The Son/監督:フロリアン・ゼレール/2022年/イギリス

©THE SON FILMS LIMITED AND CHANNEL FOUR TELEVISION CORPORATION 2022 ALL RIGHTS RESERVED.

マスコミ試写で鑑賞。公開は2023年3月17日です。


三部作と知っておどろいているようす。しかもアンソニー・ホプキンスヒュー・ジャックマンの父親役なんですよね。

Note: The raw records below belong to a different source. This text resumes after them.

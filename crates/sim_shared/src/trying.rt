//! How the requests or puts at a resource are tried.
ghost use Rattle.std.specs.Prelude.{◌≡◌, ◌<◌, ◌^◌, [], ◌∷◌, length};
ghost use Rattle.sim_machine.specs.MayAsk.{takes_requests};
ghost use Rattle.sim_machine.specs.Trying as trying;
ghost use Rattle.sim_machine.specs.Users.{resource_at};
ghost use Rattle.sim_shared_model.specs.Making.{MakesAll};
ghost use Rattle.sim_shared_model.specs.Measuring.{ChangesOnlyAt};
ghost use Rattle.sim_shared_model.specs.Waiting.{AreAllOpen};

use crate::queues::is_desk;
use crate::shared::Shared;

impl Shared {
    // Whether requests wait at the resource of this place, and neither puts nor gets.
    fn has_slots(&self, res: u32) -> bool
        requires res { res < length self.now.setup }
        ensures { result ≡ takes_requests (resource_at self.now.setup res).kind }
    {
        is_desk(&self.resources[res as usize])
    }

    /// The requests or puts at a resource are tried (SimPy's "Shared resources"): at a container the puts for as long as one
    /// is served, at a store the first put alone, and so the first request at a resource of slots, which may preempt a
    /// user.
    pub fn try_put(&mut self, res: u32)
        requires res { res < length self.old.setup }
        requires open { AreAllOpen self.old }
        requires spare_events { 0 < self.old.happen.spare.events }
        requires spare_callbacks { 0 < self.old.happen.spare.callbacks }
        requires number { length self.old.happen.events < 2 ^ 62 }
        ensures tried { MakesAll 1 (trying.try_put self.old.setup res) self.old self.new }
        ensures used { self.new.used ≡ self.old.used }
        ensures touched { ChangesOnlyAt (res ∷ []) self.old self.new }
    {
        if self.has_slots(res) {
            self.try_requests(res);
        } else {
            self.try_puts(res);
        }
    }
}
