//! What is true of the runs of an office, in words that no call needs: what they move was there, the order that is told
//! is taken, and what is shown to be stuck stays.
#![tactic(auto)]

pub mod laws;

今作のアンソニー・ホプキンスは『ファーザー』(2020年)のアンソニー・ホプキンスとは別人です。
ファーザー』の感想はこちら。
ファーザー/喜びも悲しみも、思い出さえも | 映画感想 * FRAGILE

あらすじ:息子の様子がおかしい。

ネタバレはありません。

ヒュー・ジャックマンは、前妻ケイト(ローラ・ダーン)との間に高校生の息子ニコラス(ゼン・マクグラス)を持っています。現在の妻ベス(ヴァネッサ・カービー)との間には、まだ幼い息子がいます。ニコラスの調子が悪いので話を聞きに行くと、彼は「父さんと暮らしたい、母さんはもう無理」と言い出して……。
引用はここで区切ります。